Two Poems About the Great War

Poppy-fall-375x500 [1]438 words

I’ll Have No Winding Sheet
Great War 1914

I’ll have no winding sheet. No head stone. This
Mud will be my coffin and my grave. No
Mourners. No funeral wreath. Just some whiz
Bangs, broken duck boards, spattered blood. And so
I sink. My helmet is my pillow. My
Comrades’ bones have made my casket. This place
Is my marker. I didn’t want to die,
But no one does. It is not a disgrace
To die. But this, to be cast in a sea
Of wretched corpses, arms outstretched, legs bent,
Eyes wide open to the dirt. It haunts me
To think of us, all of us, all who went
Down with me when the earth rose up and poured
Our trench back down on us as the world roared.
 
 
Passendale Litany

And none of us here will get a casket
Our deaths were too many, and we eclipse
Respectful repose with our stark wretched
Corpses. We don’t even rate a basket
For our troubles: our blood spills, our bone slips
From our flesh and disappears. We can’t stretch

Our hands to claim our selves. We cannot stretch
Who will not move again. So we lie, casket-
Less, heaped upon this blood soaked ground that slips
And turns to blood soaked mud.

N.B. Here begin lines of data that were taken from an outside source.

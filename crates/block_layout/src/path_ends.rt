ghost use Rattle.block_layout.specs.Sizes.{largest_size};
ghost use Rattle.std.specs.Prelude.{
  ◌≡◌,
  ◌≤◌,
  ◌<◌,
  ◌^◌,
  ◌+◌,
  IfSome,
  Some,
  [],
  length,
  get_or,
  drop,
  nat_eq,
  int_lt,
  true,
};
ghost use Rattle.std.specs.List.{slice_get};
ghost use Rattle.std.specs.Option.{IfNone, option_copied};
ghost use Rattle.block_layout.specs.Members.{component_of_name};
ghost use Rattle.block_layout.specs.Paths.{
  OffsetIsNear,
  IsSoundAt,
  ReachesSound,
  cells_at,
  path_end_at_cell,
  path_end_at_member,
  path_end_and_then,
  path_end_by_index,
  path_end_behind_index,
  path_end_by_name,
  path_end_behind_name,
  path_end_in_component,
  outermost_path_end,
  path_end_by_step,
  path_end_behind,
  path_end_in_block,
  path_end_in_bounds,
};
ghost use Rattle.block_layout.specs.declared.cells.Cell.{Cell};

use crate::blocks::BlockLayout;
use crate::cells::{Cell, Element};
use crate::layouts::Layout;
use crate::members::Member;
use crate::sizes::{array_bits, capped_size};
use stl_ast::{Bounds, PathStep};

/// A component, or an element of an array in it: the block that declares it, whether in VAR_TEMP,
/// its place among the cells there, how many of its bounds the path has used, and its offset in
/// bits from the start of the whole.
#[derive(Clone, Copy, Debug, PartialEq, Eq)]
pub struct ComponentAt {
    pub block: usize,
    pub temporary: bool,
    pub place: usize,
    pub depth: usize,
    pub offset: u64,
}

/// Where a path leads. `Unknown` names a component that isn't there, `Unjudged` goes through a
/// declaration or a block that breaks a rule itself. An index outside its array leads on as the
/// first element does.
#[derive(Clone, Copy, Debug, PartialEq, Eq)]
pub enum PathEnd {
    Reaches { component: ComponentAt },
    Unknown,
    Unjudged,
}

/// The declarations of a block that a path is in.
pub(crate) fn layout_at(layouts: &[BlockLayout], block: usize, temporary: bool) -> Option<&Layout>
    ensures some { IfSome result (λ l. l.now ≡ cells_at layouts.now block temporary) }
    ensures none { IfNone result (cells_at layouts.now block temporary ≡ []) }
{
    let block = layouts.get(block)?;
    if temporary {
        Some(&block.temps)
    } else {
        Some(&block.components)
    }
}

/// The component at a place of a block.
fn path_end_at_cell(
    layout: &Layout,
    block: usize,
    temporary: bool,
    place: usize,
    offset: u64,
) -> PathEnd
    requires { offset ≤ largest_size }
    ensures value { result
        ≡ path_end_at_cell block temporary place offset (slice_get layout.now place) }
    ensures near { OffsetIsNear result }
{
    match layout.cell_at(place) {
        None => PathEnd::Unknown,
        Some(cell) => {
            if cell.sound {
                PathEnd::Reaches {
                    component: ComponentAt {
                        block,
                        temporary,
                        place,
                        depth: 0,
                        offset,
                    },
                }
            } else {
                PathEnd::Unjudged
            }
        }
    }
}

fn path_end_at_member(
    layout: &Layout,
    block: usize,
    temporary: bool,
    first: usize,
    offset: u64,
    found: Option<Member>,
) -> PathEnd
    requires near { offset ≤ largest_size }
    requires within { IfSome found (λ m. first + m.place < 2 ^ 64) }
    ensures value { result ≡ path_end_at_member layout.now block temporary first offset found }
    ensures near { OffsetIsNear result }
{
    match found {
        None => PathEnd::Unknown,
        Some(member) => path_end_at_cell(
            layout,
            block,
            temporary,
            first + member.place,
            capped_size(offset + capped_size(member.offset)),
        ),
    }
}

/// Where a name in the outermost declarations of a block leads.
#[tactic(auto, unfolding(crate::specs::Paths::outermost_path_end, crate::specs::Members::component_of_name))]
pub(crate) fn outermost(
    layouts: &[BlockLayout],
    block: usize,
    temporary: bool,
    offset: u64,
    name: &[u8],
) -> PathEnd
    requires { offset ≤ largest_size }
    ensures value { result ≡ outermost_path_end layouts.now block temporary offset name.now }
    ensures near { OffsetIsNear result }
{
    match layout_at(layouts, block, temporary) {
        None => PathEnd::Unknown,
        Some(layout) => {
            let found = layout.outermost(name);
            path_end_at_member(layout, block, temporary, 0, offset, found)
        }
    }
}

pub(crate) fn is_used_up(cell: &Cell, depth: usize) -> bool
    ensures { result ≡ nat_eq depth (length cell.now.bounds) }
{
    depth == cell.bounds.len()
}

/// Where a name behind a component leads, by its declaration.
fn path_end_in_component(
    layouts: &[BlockLayout],
    layout: &Layout,
    component: ComponentAt,
    name: &[u8],
    cell: &Cell,
) -> PathEnd
    requires offset { component.offset ≤ largest_size }
    requires layout { layout.now ≡ cells_at layouts.now component.block component.temporary }
    requires cell { slice_get layout.now component.place ≡ Some cell.now }
    requires within { component.place + 1 < 2 ^ 64 }
    requires sound { cell.now.sound ≡ true }
    ensures value { result
        ≡ path_end_in_component layouts.now component name.now cell.now cell.now.of }
    ensures near { OffsetIsNear result }
{
    match cell.of {
        Element::Structure => {
            let found = layout.inner(component.place, name);
            path_end_at_member(
                layout,
                component.block,
                component.temporary,
                component.place + 1,
                component.offset,
                found,
            )
        }
        Element::Udt { block, .. } => outermost(layouts, block, false, component.offset, name),
        _ => PathEnd::Unknown,
    }
}

/// Where a name leads from a component.
#[tactic(auto, unfolding(crate::specs::Paths::path_end_by_name))]
fn path_end_by_name(layouts: &[BlockLayout], component: ComponentAt, name: &[u8]) -> PathEnd
    requires offset { component.offset ≤ largest_size }
    requires sound { IsSoundAt layouts.now component }
    ensures value { result ≡ path_end_by_name layouts.now component name.now }
    ensures near { OffsetIsNear result }
{
    let Some(layout) = layout_at(layouts, component.block, component.temporary) else {
        return PathEnd::Unknown;
    };
    let Some(cell) = layout.cell_at(component.place) else {
        return PathEnd::Unknown;
    };
    if !is_used_up(cell, component.depth) {
        return PathEnd::Unknown;
    }
    path_end_in_component(layouts, layout, component, name, cell)
}

pub(crate) fn bounds_at(bounds: &[Bounds], depth: usize) -> Option<Bounds>
    ensures value { result ≡ slice_get bounds.now depth }
    ensures within { IfSome result (λ _. depth < length bounds.now) }
{
    if depth < bounds.len() {
        Some(bounds[depth])
    } else {
        None
    }
}

pub(crate) fn bounds_behind(bounds: &[Bounds], depth: usize) -> &[Bounds]
    requires { depth < length bounds.now }
    ensures { result.now ≡ drop (depth + 1) bounds.now }
{
    &bounds[depth + 1..]
}

/// An index behind a component of a block.
fn path_end_behind_index(layout: &Layout, component: ComponentAt, at: i32) -> PathEnd
    requires { component.offset ≤ largest_size }
    ensures value { result
        ≡ path_end_behind_index component layout.now at (slice_get layout.now component.place) }
    ensures near { OffsetIsNear result }
{
    let Some(cell) = layout.cell_at(component.place) else {
        return PathEnd::Unknown;
    };
    let Some(bounds) = bounds_at(cell.bounds.as_slice(), component.depth) else {
        return PathEnd::Unknown;
    };
    if at < bounds.low || bounds.high < at {
        return PathEnd::Reaches {
            component: ComponentAt {
                depth: component.depth + 1,
                ..component
            },
        };
    }
    let element = layout.element_at(component.place);
    let inner = array_bits(
        bounds_behind(cell.bounds.as_slice(), component.depth),
        element,
    );
    let gone = at.abs_diff(bounds.low) as u64 * inner;
    PathEnd::Reaches {
        component: ComponentAt {
            block: component.block,
            temporary: component.temporary,
            place: component.place,
            depth: component.depth + 1,
            offset: capped_size(component.offset + capped_size(gone)),
        },
    }
}

/// Where an index leads from a component.
#[tactic(auto, unfolding(crate::specs::Paths::path_end_by_index))]
fn path_end_by_index(layouts: &[BlockLayout], component: ComponentAt, at: i32) -> PathEnd
    requires { component.offset ≤ largest_size }
    ensures value { result ≡ path_end_by_index layouts.now component at }
    ensures near { OffsetIsNear result }
{
    match layout_at(layouts, component.block, component.temporary) {
        None => PathEnd::Unknown,
        Some(layout) => path_end_behind_index(layout, component, at),
    }
}

/// Where a step of a path leads from a component.
#[tactic(auto, unfolding(crate::specs::Paths::path_end_by_step))]
pub(crate) fn step(layouts: &[BlockLayout], component: ComponentAt, step: &PathStep) -> PathEnd
    requires offset { component.offset ≤ largest_size }
    requires sound { IsSoundAt layouts.now component }
    ensures value { result ≡ path_end_by_step layouts.now component step.now }
    ensures near { OffsetIsNear result }
{
    match step {
        PathStep::Named { name } => path_end_by_name(layouts, component, name.as_bytes()),
        PathStep::Index { at } => path_end_by_index(layouts, component, *at),
    }
}

/// Where a path leads from a sound component.
#[tactic(auto, using(crate::proofs::WalkLemmas::step_sound))]
fn walk_behind(layouts: &[BlockLayout], start: ComponentAt, path: &[PathStep]) -> PathEnd
    requires offset { start.offset ≤ largest_size }
    requires sound { IsSoundAt layouts.now start }
    ensures value { result ≡ path_end_behind layouts.now start path.now }
    ensures near { OffsetIsNear result }
{
    let mut component = start;
    for next in path {
        match step(layouts, component, next) {
            PathEnd::Reaches { component: reached } => component = reached,
            other => return other,
        }
    }
    PathEnd::Reaches { component }
}

/// Where a path leads from a component that was looked up.
#[tactic(auto, using(crate::proofs::WalkLemmas::goes_to))]
pub(crate) fn walk_on(layouts: &[BlockLayout], found: PathEnd, path: &[PathStep]) -> PathEnd
    requires near { OffsetIsNear found }
    requires sound { ReachesSound layouts.now found }
    ensures value { result
        ≡ path_end_and_then found (λ component. path_end_behind layouts.now component path.now) }
    ensures near { OffsetIsNear result }
{
    match found {
        PathEnd::Reaches { component } => walk_behind(layouts, component, path),
        other => other,
    }
}

/// Where a path leads in the outermost declarations of a block.
#[tactic(auto, using(crate::proofs::WalkLemmas::outermost_reaches))]
pub(crate) fn walk_from(
    layouts: &[BlockLayout],
    block: usize,
    temporary: bool,
    path: &[PathStep],
) -> PathEnd
    ensures value { result ≡ path_end_in_block layouts.now block temporary path.now }
    ensures near { OffsetIsNear result }
{
    match path {
        [PathStep::Named { name }, behind @ ..] => {
            let found = outermost(layouts, block, temporary, 0, name.as_bytes());
            walk_on(layouts, found, behind)
        }
        _ => PathEnd::Unknown,
    }
}
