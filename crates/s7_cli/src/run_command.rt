ghost use Rattle.std.specs.Prelude.{ℕ, ◌≤◌, List, [], ◌∷◌, length, Some};
ghost use Rattle.plc_io.specs.Moments.{FilesAt};
ghost use Rattle.s7_cli.specs.Command.{Run};
ghost use Rattle.s7_cli.specs.Ends.{EndsWithStatus, sink_moments};
ghost use Rattle.s7_cli.specs.Inner.{ComesBeforeLine, CommandComesTo};
ghost use Rattle.s7_cli.specs.Reading.{disk_moments};
ghost use Rattle.s7_cli.specs.StatusTable.{StatusTable};

use crate::command_checks::check_run;
use crate::failures::{ExitStatus, Failure, File};
use crate::files::read_file;
use crate::finish::{end_command, outcome_of_write};
use crate::run_text::replay_text;
use plc_io::{Files, Sink};
use std::alloc::Global;

/// Checks an image and a history, and writes the run.
fn run_along<K: Sink>(
    alloc: Global,
    image: &[u8],
    history: &[u8],
    out: &mut K,
) -> Result<(), Failure>
    requires { length history.now ≤ 4194304 }
    ensures { let took = sink_moments (K.shown out.old) (K.shown out.new) in
        (img hist : List ℕ) (at : FilesAt)
        → CommandComesTo (Run img hist) (image.now ∷ history.now ∷ [])
        (disk_moments at at) took result }
{
    let (program, entries) = check_run(alloc, image, history)?;
    outcome_of_write(replay_text(alloc, program, &entries, out))
}

/// Reads an image and a history, checks both, and writes the run.
fn run<F: Files, K: Sink>(
    alloc: Global,
    img: &str,
    hist: &str,
    files: &mut F,
    out: &mut K,
) -> Result<(), Failure>
    ensures { let went = disk_moments (F.shown files.old) (F.shown files.new) in
        let took = sink_moments (K.shown out.old) (K.shown out.new) in
        ComesBeforeLine (Some (Run img.now hist.now)) went took result }
{
    let image = read_file(alloc, files, File::Image, img)?;
    let history = read_file(alloc, files, File::History, hist)?;
    run_along(alloc, &image, &history, out)
}

/// Runs the image in the file `img` along the history in the file `hist`, which may name the
/// variables whose names stand in the image, and writes the text of the run, or the line of a
/// refusal.
pub fn cmd_run<F: Files, K: Sink>(
    alloc: Global,
    img: &str,
    hist: &str,
    files: &mut F,
    out: &mut K,
) -> ExitStatus
    ensures ends { let went = disk_moments (F.shown files.old) (F.shown files.new) in
        EndsWithStatus (Some (Run img.now hist.now)) went
        (sink_moments (K.shown out.old) (K.shown out.new)) result.code }
    ensures table { let went = disk_moments (F.shown files.old) (F.shown files.new) in
        StatusTable (Some (Run img.now hist.now)) went
        (sink_moments (K.shown out.old) (K.shown out.new)) result.code }
{
    let came = run(alloc, img, hist, files, out);
    end_command(out, came)
}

No eclipse
Could seem so dark as this. No rough basket
Of butchered offal seems quite so wretched

As our poor butchered selves. We lay, wretched
And rotting, here and there in heaps that stretch
Across the dead fields that once filled basket
And barrow with green harvests. A casket,
Or rather caskets, for us would eclipse
The surreal beauty of nature that slips

Almost unnoticed, to edge with cowslips
And clover, where it can, we dead wretched
Men who lie just as we are here. Eclipse
That, funeral wreath and coffin stand. No stretch
Of artificial grief could. Nor casket
Nor hearse, either. Nor black ribboned basket

Of laurel, yew and boxwood. Each basket
Would merely echo what we have here: slips
Of delicate green around a casket
Made for us out of all the world. Wretched
As we are, above us the stars stretch
And the moon shines, the sun has no eclipse

To dim its bright warmth, but rather eclipse
Comes from battle borne shrapnel shards–basket
Weave thin or thick as thieves that fly out, stretch
Across our resting place, and fall. Each slips
Its splintered point down in a wretched
Storm of shattered sharpened steel. No casket,

No grave will eclipse each burst shell that slips,
An egg from hell’s basket, on our wretched
Casket-free heads. We’re buried, stretch by stretch.